Saturday, October 8, 2011

Careful What You Brag Over

And he said, What have they seen in thy house? And Hezekiah said, All that is in my house have they seen: there is nothing among my treasures that I have not shewn them.  --Isaiah 39:4 (Darby)
 Hezekiah was the king of Judah between about 715-686 BC.  The Assyrians had laid waste to Israel, but in their campaign against Judah they had lost badly.  History puts at least part of the blame on a plague that ravished the Assyrian army, but Hezekiah gets some credit; or, more precisely, God helped Hezekiah out.  This delighted the Babylonians. They sent envoys to congratulate Hezekiah, and more likely, to do a bit of spying out of what kind of opponent he really was.  Hezekiah, it sounds like, gushed all over himself about everything he had bragging up a storm in the process.  When Isaiah arrived in his court, Isaiah was not happy or amused at the befuddled thinking his King had demonstrated, nor does it seem was God.  Isaiah tells the King the Babylonians are going to take everything, and they did.

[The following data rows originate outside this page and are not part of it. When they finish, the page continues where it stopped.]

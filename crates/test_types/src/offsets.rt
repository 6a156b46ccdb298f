//! `Offsets`, as `types.txt` lists it. Written by tools/new-type.
ghost use Rattle.std.specs.Prelude.{◌≡◌};
ghost use Rattle.web_codec.specs.Answers.{Answers};
ghost use Rattle.test_types.specs.Offsets.{bounded_offsets_change};

use serde_json::{Value, json};
use std::alloc::Global;
use web_codec::{
    ReadData, ReadFault, ReadPairs, WriteData, WriteFault, WriteField, WritePairs, field_or,
    member_or, object, required, required_field,
};
use web_texts::{Fail, NoMemory, Pair};

/// Whole numbers of every size, also below 0.
#[derive(Debug, Drop)]
pub struct Offsets {
    /// The member `small`.
    pub small: i8,
    /// The member `shift`.
    pub shift: i16,
    /// The member `change`.
    pub change: i32,
    /// The member `balance`.
    pub balance: i64,
    /// The member `offset`.
    pub offset: isize,
}

/// Refuses a `change` that is out of its bounds.
fn bounded_change(alloc: Global, change: i32) -> Result<i32, Fail<ReadFault>>
    ensures { Answers (λ x. x ≡ bounded_offsets_change change) result }
{
    if change < -1000 || change > 1000 {
        return Err(ReadFault::refusal(alloc, "change: not in -1000..=1000"));
    }
    Ok(change)
}

impl ReadData for Offsets {
    ghost use Rattle.test_types.specs.Offsets.{offsets_of};

    ghost read = { offsets_of };

    fn read_data(alloc: Global, value: &Value) -> Result<Offsets, Fail<ReadFault>> {
        object(alloc, value)?;
        Ok(Offsets {
            small: required(alloc, value, "small")?,
            shift: required(alloc, value, "shift")?,
            change: bounded_change(alloc, required(alloc, value, "change")?)?,
            balance: member_or(alloc, value, "balance", -1)?,
            offset: member_or(alloc, value, "offset", 0)?,
        })
    }
}

impl WriteData for Offsets {
    ghost use Rattle.test_types.specs.Offsets.{data_of_offsets, offsets_no_float};

    ghost written = { data_of_offsets };

    ghost no_float = { offsets_no_float };

    fn write_data(&self, alloc: Global) -> Result<Value, NoMemory> {
        Ok(json!(in alloc; {
            "small": self.small.write_data(alloc)?,
            "shift": self.shift.write_data(alloc)?,
            "change": self.change.write_data(alloc)?,
            "balance": self.balance.write_data(alloc)?,
            "offset": self.offset.write_data(alloc)?,
        })?)
    }
}

impl ReadPairs for Offsets {
    ghost use Rattle.std.specs.Prelude.{◌≡◌};
    ghost use Rattle.test_types.specs.Offsets.{offsets_of_pairs};

    ghost reads_pairs = { λ pairs x. x ≡ offsets_of_pairs pairs };

    fn read_pairs(alloc: Global, pairs: &[Pair]) -> Result<Offsets, Fail<ReadFault>> {
        Ok(Offsets {
            small: required_field(alloc, pairs, "small")?,
            shift: required_field(alloc, pairs, "shift")?,
            change: bounded_change(alloc, required_field(alloc, pairs, "change")?)?,
            balance: field_or(alloc, pairs, "balance", -1)?,
            offset: field_or(alloc, pairs, "offset", 0)?,
        })
    }
}

impl WritePairs for Offsets {
    ghost use Rattle.std.specs.Prelude.{◌≡◌, Ok};
    ghost use Rattle.test_types.specs.Offsets.{pairs_of_offsets};

    ghost writes_pairs = { λ x y. y ≡ Ok (pairs_of_offsets x) };

    fn write_pairs(&self, alloc: Global) -> Result<Vec<Pair>, Fail<WriteFault>> {
        let mut pairs = Vec::new(alloc);
        self.small.write_field(alloc, "small", &mut pairs)?;
        self.shift.write_field(alloc, "shift", &mut pairs)?;
        self.change.write_field(alloc, "change", &mut pairs)?;
        self.balance.write_field(alloc, "balance", &mut pairs)?;
        self.offset.write_field(alloc, "offset", &mut pairs)?;
        Ok(pairs)
    }
}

Various commentators explain this "wrath of God" that is rained down on Hezekiah's head by blaming Hezekiah's vanity.  They talk about how because of his vanity Hezekiah is punished.  Would God really punish an entire race of people because their (unelected) leader was vain?  There is a deep theological problem with that!

There is a fact of life we would all do well not to ignore: we are living every day on a treasure map.  Every day of our lives, if we look carefully, thoughtfully, diligently for them we'll see our lives are sprinkled with blessings, or small divine diamonds.  God richly sows our life with many good things and they are present even in the worst circumstances imaginable, for anyone who cares to put their victimhood aside and see.  If we carry the knowledge of our blessings close to our grateful hearts, we feel our wealth in Christ and we also know in humility the One who should get the credit for us having everything.  Those diamond blessings are ours regardless of circumstances, and regardless of errors in our ways.

Hezekiah was flattered to pieces to have the attention of a powerful nation.  He spilled all his treasure out to some cutthroats who had no good intentions whatsoever.  But, it was not this naivety or vanity that brought the destruction of Judah.  Babylon already had designs on Assyria as well as every other nation-state.  Bragging about his treasure with Babylon revealed Hezekiah's misplaced trust in Babylon, not in God; making the inevitable Exile and destruction of Jerusalem all the more poignant and painful.  As Jesus said, do not cast your pearls before swine; and when you pray, go into a closet by yourself.  Hold your blessings dear and close with lots of gratitude and prayer, and keep looking for more treasure of God's faithfulness to you.

Holy God, do not allow us to become so jaded to the good things you put in our lives that we put our trust in our possessions rather than you.  Amen.